A group of nuclear critics Monday publicly denounced the Nuclear Regulatory Commission’s (NRC) proposed rulemaking to review Department of Energy and Pentagon-approved reactor designs.
In a joint press release, the 13 organizations, including Nuclear Information and Resource Service (NIRS) and Beyond Nuclear, said the proposed rule violates aspects of the Atomic Energy Act of 1954 and Energy Reorganization Act of 1974. The organizations submitted a joint 17-page comment document under NRC’s April 2 Federal Register notice of the proposed rule.
In a Monday emailed statement to Exchange Monitor, NRC said:
“NRC is America’s nuclear safety regulator. We make our own rules and regulatory findings. NRC will consider all comments that go through the public comment process as the agency continues its rulemaking focusing on reviewing analysis of DOE/DOW [Department of War] demonstration projects.”
NRC’s proposed rule seeks to create an additional licensing pathway for DOE and Pentagon-approved test reactors that are pursuing commercial use. The rule would revise Title 10 Code of Federal Regulations Part 50 and Part 53 to provide a third expedited pathway, building off the previous authorization work from DOE and the Pentagon.
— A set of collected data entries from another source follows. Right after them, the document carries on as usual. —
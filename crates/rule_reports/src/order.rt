//! From what was gathered to the report.

ghost use Rattle.std.specs.Prelude.{Contains};
ghost use Rattle.rule_reports.specs.Reports.{IsReport, IsNoteList, Shortens};

use venue_types::{Finding, List, Note, Report};

const SHOWN: usize = 500;

/// The report of what was gathered, in whatever order and however often. It takes no memory, and n log n time.
pub fn in_order(gathered: Vec<Finding>) -> List<Finding>
    ensures { IsReport (Contains gathered.items) result }
{
    let mut findings = gathered;
    findings.sort_unstable();
    findings.dedup();
    List::from_vec(findings)
}

/// The notes that were gathered, in whatever order and however often. It takes no memory, and n log n time.
pub fn notes_in_order(gathered: Vec<Note>) -> List<Note>
    ensures { IsNoteList (Contains gathered.items) result }
{
    let mut notes = gathered;
    notes.sort_unstable();
    notes.dedup();
    List::from_vec(notes)
}

/// The first 500 findings, and how many there are.
pub fn shortened(findings: List<Finding>) -> Report
    ensures { Shortens findings result }
{
    let mut first = findings.into_vec();
    let total = first.len() as u64;
    first.truncate(SHOWN);
    Report {
        first: List::from_vec(first),
        total,
    }
}
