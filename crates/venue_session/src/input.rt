//! The bytes that were read and wait to be acted on.

ghost use Rattle.std.specs.Prelude.{◌≡◌, ◌+◌, ◌-◌, ◌≤◌, ◌<◌, [], ◌++◌, ℕ, List, length, take, drop, slice_range, IfOk, OnErr};
ghost use Rattle.std.specs.Vec.{vec_capacity};
ghost use Rattle.std.specs.Io.KnownBytes.{Consumes, IsAtEnd};
ghost use Rattle.venue_ports.specs.Causes.{HasExactCause};
ghost use Rattle.venue_ports.specs.Moves.{MovesIn};
ghost use Rattle.venue_ports.specs.Starts.{start_at, TellsStart};

use std::alloc::Global;
use std::marker::Model;
use venue_ports::{Failed, Stream};
use venue_types::OutOfMemory;

/// Room for more than ever waits: a head of 16,384 bytes and a body of 65,536 make the longest message.
pub(crate) const ROOM: usize = 81_920;

// How much of the room is made ready at first: more than most messages take. To fill all of it would cost more than to answer one of them.
const FIRST: usize = 4_096;

/// A buffer in which bytes wait from a start to an end. All its memory is taken when it is made, and filled when it is read into.
#[derive(Drop)]
pub(crate) struct Input {
    bytes: Vec<u8>,
    start: usize,
    end: usize,
}

impl Model for Input {
    ghost use Rattle.std.specs.Prelude.{◌≤◌, ℕ, List, length, slice_range};
    ghost use Rattle.std.specs.Vec.{vec_capacity};

    ghost Value = { List ℕ };

    ghost view = { λ a. slice_range a.bytes.items a.start a.end };

    ghost invariant = { λ a. (a.start ≤ a.end) × (a.end ≤ length a.bytes.items) × (length a.bytes.items ≤ 81920) × (81920 ≤ vec_capacity a.bytes) };
}

// Moves the bytes from a start to an end to the front.
fn move_to_front(bytes: &mut Vec<u8>, start: usize, end: usize)
    requires order { start ≤ end }
    requires within { end ≤ length bytes.old.items }
    ensures front { take (end - start) bytes.new.items ≡ slice_range bytes.old.items start end }
    ensures room { length bytes.new.items ≡ length bytes.old.items }
    ensures capacity { vec_capacity bytes.new ≡ vec_capacity bytes.old }
{
    if start > 0 {
        bytes.copy_within(start..end, 0);
    }
}

// Makes more of the room ready, where none is behind the end.
fn make_ready(bytes: &mut Vec<u8>, end: usize)
    requires within { end ≤ length bytes.old.items }
    requires left { end < 81920 }
    requires most { length bytes.old.items ≤ 81920 }
    requires room { 81920 ≤ vec_capacity bytes.old }
    ensures front { take end bytes.new.items ≡ take end bytes.old.items }
    ensures ready { end < length bytes.new.items }
    ensures most { length bytes.new.items ≤ 81920 }
    ensures capacity { 81920 ≤ vec_capacity bytes.new }
{
    if end == bytes.len() {
        let _in_the_room = bytes.resize(if end < FIRST { FIRST } else { ROOM }, 0);
    }
}

// Reads behind the first bytes, which stay.
fn read_behind<L: Stream>(
    connection: &mut L,
    bytes: &mut Vec<u8>,
    end: usize,
) -> Result<usize, Failed>
    requires { end < length bytes.old.items }
    ensures kept { take end bytes.new.items ≡ take end bytes.old.items }
    ensures room { length bytes.new.items ≡ length bytes.old.items }
    ensures capacity { vec_capacity bytes.new ≡ vec_capacity bytes.old }
    ensures bound { IfOk result (λ count. end + count ≤ length bytes.old.items) }
    ensures bytes { MovesIn (L.left connection.old) (L.left connection.new) result (drop end bytes.new.items) }
    ensures written { L.written connection.new ≡ L.written connection.old }
    ensures starts { TellsStart (L.starts connection.old) (L.starts connection.new) (start_at (L.left connection.old) (L.written connection.old)) }
    ensures cause { HasExactCause (L.faults connection.old) (L.faults connection.new) result }
{
    connection.read(&mut bytes[end..])
}

impl Input {
    /// Nothing waits.
    pub(crate) fn new(alloc: Global) -> Result<Input, OutOfMemory>
        ensures { IfOk result (λ input. input ≡ []) }
    {
        let bytes = Vec::with_capacity(alloc, ROOM)?;
        Ok(Input {
            bytes,
            start: 0,
            end: 0,
        })
    }

    /// What waits.
    pub(crate) fn waiting(&self) -> &[u8]
        ensures { result.now ≡ self.now }
    {
        &self.bytes[self.start..self.end]
    }

    /// The front of so many bytes waits no longer. Nothing is moved.
    pub(crate) fn pass(&mut self, count: usize)
        requires { count ≤ length self.old }
        ensures { self.new ≡ drop count self.old }
    {
        self.start += count;
    }

    /// Reads behind what waits, which is moved to the start of the buffer first. 0 tells the end of the stream.
    pub(crate) fn read_more<L: Stream>(&mut self, connection: &mut L) -> Result<usize, Failed>
        requires { length self.old < 81920 }
        ensures ok { IfOk result (λ count. (more : List ℕ) × (count ≡ length more) × (self.new ≡ self.old ++ more)
            × Consumes (L.left connection.old) (L.left connection.new) more) }
        ensures end { IfOk result (λ count. count ≡ 0 → IsAtEnd (L.left connection.new)) }
        ensures room { length self.new ≤ 81920 }
        ensures err { OnErr result ((self.new ≡ self.old) × (L.left connection.new ≡ L.left connection.old)) }
        ensures written { L.written connection.new ≡ L.written connection.old }
        ensures starts { TellsStart (L.starts connection.old) (L.starts connection.new) (start_at (L.left connection.old) (L.written connection.old)) }
        ensures cause { HasExactCause (L.faults connection.old) (L.faults connection.new) result }
    {
        move_to_front(&mut self.bytes, self.start, self.end);
        self.end -= self.start;
        self.start = 0;
        make_ready(&mut self.bytes, self.end);
        let count = read_behind(connection, &mut self.bytes, self.end)?;
        self.end += count;
        Ok(count)
    }
}
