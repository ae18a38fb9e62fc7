//! Whole texts written to a stream.

ghost use Rattle.std.specs.Prelude.{◌≡◌, ℕ, List, OnOk, OnErr};
ghost use Rattle.std.specs.Io.KnownBytes.{Appends};
ghost use mathlib.Core.List.{IsPrefix};
ghost use Rattle.venue_ports.specs.Causes.{HasExactCause};

use venue_ports::{Failed, Stream};

/// Writes the whole text, or a front of it where the stream fails.
pub(crate) fn write_all<L: Stream>(connection: &mut L, text: &[u8]) -> Result<(), Failed>
    ensures ok { OnOk result (Appends (L.written connection.old) (L.written connection.new) text.now) }
    ensures err { OnErr result ((part : List ℕ) × IsPrefix part text.now × Appends (L.written connection.old) (L.written connection.new) part) }
    ensures left { L.left connection.new ≡ L.left connection.old }
    ensures starts { L.starts connection.new ≡ L.starts connection.old }
    ensures cause { HasExactCause (L.faults connection.old) (L.faults connection.new) result }
{
    let mut done = 0;
    while done < text.len() {
        match connection.write(&text[done..]) {
            Ok(count) => done += count,
            Err(failed) => return Err(failed),
        }
    }
    Ok(())
}
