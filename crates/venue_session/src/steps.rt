//! One message acted on.

ghost use Rattle.std.specs.Prelude.{◌≡◌, if◌then◌else◌};
ghost use Rattle.venue_wire.specs.declared.messages.Message.{Message as AMessage};
ghost use Rattle.venue_hall.specs.Facts.{Facts};
ghost use Rattle.wire_replies.specs.declared.response.Response.TheVariants.{Of};
ghost use Rattle.venue_session.specs.Steps.{IsStep, NeedsNoLook, told_by};
ghost use Rattle.venue_session.specs.Texts.{Stepped};

use crate::texts::Text;
use std::alloc::Global;
use venue_hall::{Hall, number_law};
use venue_types::{Change, Query, Reply};
use venue_wire::Message;
use wire_frames::Refusal;
use wire_replies::{Response, bare_bytes, refusal_bytes, reply_bytes, want_of_memory};

/// What comes of a message.
#[derive(Drop)]
pub(crate) enum Step {
    /// This text is to be written.
    Replied(Text),
    /// A change was accepted, and there is no memory for its text: nothing may be written any more.
    Untold,
}

// Asks behind a look at what others changed, which is for a question that has to look.
fn ask_again<H: Hall>(hall: &mut H, query: &Query) -> Reply
    ensures { (¬ NeedsNoLook (H.facts hall.old).seen (AMessage.Ask query.now)) → IsStep (H.facts hall.old) (AMessage.Ask query.now) (Of result) (H.facts hall.new) }
{
    hall.catch_up();
    hall.ask(query)
}

// Asks, and once more where the question comes too early.
fn ask<H: Hall>(hall: &mut H, query: &Query) -> Reply
    ensures { IsStep (H.facts hall.old) (AMessage.Ask query.now) (Of result) (H.facts hall.new) }
{
    number_law();
    match hall.ask(query) {
        Reply::Ahead { .. } => ask_again(hall, query),
        reply => reply,
    }
}

fn change<H: Hall>(hall: &mut H, asked: &Change) -> Reply
    ensures { IsStep (H.facts hall.old) (AMessage.Do asked.now) (Of result) (H.facts hall.new) }
{
    hall.change(asked)
}

// A message that is refused by itself, or couldn't be read, leaves the hall as it is. By its number what that has seen is a legal
// history.
fn refuse<H: Hall>(hall: &H, refusal: Refusal) -> Response
    ensures { IsStep (H.facts hall.now) (AMessage.Refused refusal) result (H.facts hall.now) }
{
    let _number = hall.number();
    Response::No(refusal)
}

fn refuse_bare<H: Hall>(hall: &H, refusal: Refusal) -> Response
    ensures { IsStep (H.facts hall.now) (AMessage.Bare refusal) result (H.facts hall.now) }
{
    let _number = hall.number();
    Response::Bare(refusal)
}

fn leave_unread<H: Hall>(hall: &H) -> Response
    ensures { IsStep (H.facts hall.now) AMessage.Unread result (H.facts hall.now) }
{
    let _number = hall.number();
    Response::Of(Reply::OutOfMemory)
}

fn answer<H: Hall>(hall: &mut H, message: &Message) -> Response
    ensures { IsStep (H.facts hall.old) message.now result (H.facts hall.new) }
{
    match message {
        Message::Ask(query) => Response::Of(ask(hall, query)),
        Message::Do(asked) => Response::Of(change(hall, asked)),
        Message::Refused(refusal) => refuse(hall, *refusal),
        Message::Bare(refusal) => refuse_bare(hall, *refusal),
        Message::Unread => leave_unread(hall),
    }
}

// Whether a reply tells that a change was accepted.
fn tells_change(reply: &Reply) -> bool
    ensures { told_by (Of reply.now) ≡ (if result then 1 else 0) }
{
    match reply {
        Reply::ClosureDone(done) => done.changed,
        Reply::Published { .. } => true,
        _ => false,
    }
}

// What is written where there is no memory for a reply's text.
fn step_without_memory(reply: &Reply, close: bool) -> Step
    ensures { (old new : Facts) (message : AMessage) → IsStep old message (Of reply.now) new → Stepped old message close result new }
{
    if tells_change(reply) {
        Step::Untold
    } else {
        Step::Replied(Text::Fixed(want_of_memory(close)))
    }
}

fn make_reply(alloc: Global, reply: &Reply, close: bool) -> Step
    ensures { (old new : Facts) (message : AMessage) → IsStep old message (Of reply.now) new → Stepped old message close result new }
{
    match reply_bytes(alloc, reply, close) {
        Ok(bytes) => Step::Replied(Text::Made(bytes)),
        Err(_) => step_without_memory(reply, close),
    }
}

fn make_step(alloc: Global, answer: &Response, close: bool) -> Step
    ensures { (old new : Facts) (message : AMessage) → IsStep old message answer.now new → Stepped old message close result new }
{
    match answer {
        Response::Of(reply) => make_reply(alloc, reply, close),
        Response::No(refusal) => Step::Replied(Text::Fixed(refusal_bytes(*refusal, close))),
        Response::Bare(refusal) => Step::Replied(Text::Fixed(bare_bytes(*refusal, close))),
    }
}

/// Asks, changes or refuses as the message says. A question that comes too early is asked once more behind a look at what others
/// changed.
pub(crate) fn answer_message<H: Hall>(
    alloc: Global,
    hall: &mut H,
    message: &Message,
    close: bool,
) -> Step
    ensures { Stepped (H.facts hall.old) message.now close result (H.facts hall.new) }
{
    let answer = answer(hall, message);
    make_step(alloc, &answer, close)
}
The proposed rule received over 700 comments, according to the notice.
According to the nuclear critics’ May 4 filing, the change violates the Atomic Energy Act by “allowing the NRC to approve license applications under the vague standard of ‘safe’” and allowing it to accept safety findings from other agencies without verifying whether those findings are correct.
“The White House is trying to create a ‘regulatory tunnel’ around NRC’s safety regulations,” Tim Judson, NIRS executive director, said in the release. “That would mean DOE’s biases and obviously false assumptions about the safety of nuclear power plants become the new normal, exposing the public to unacceptable dangers to our health and safety.”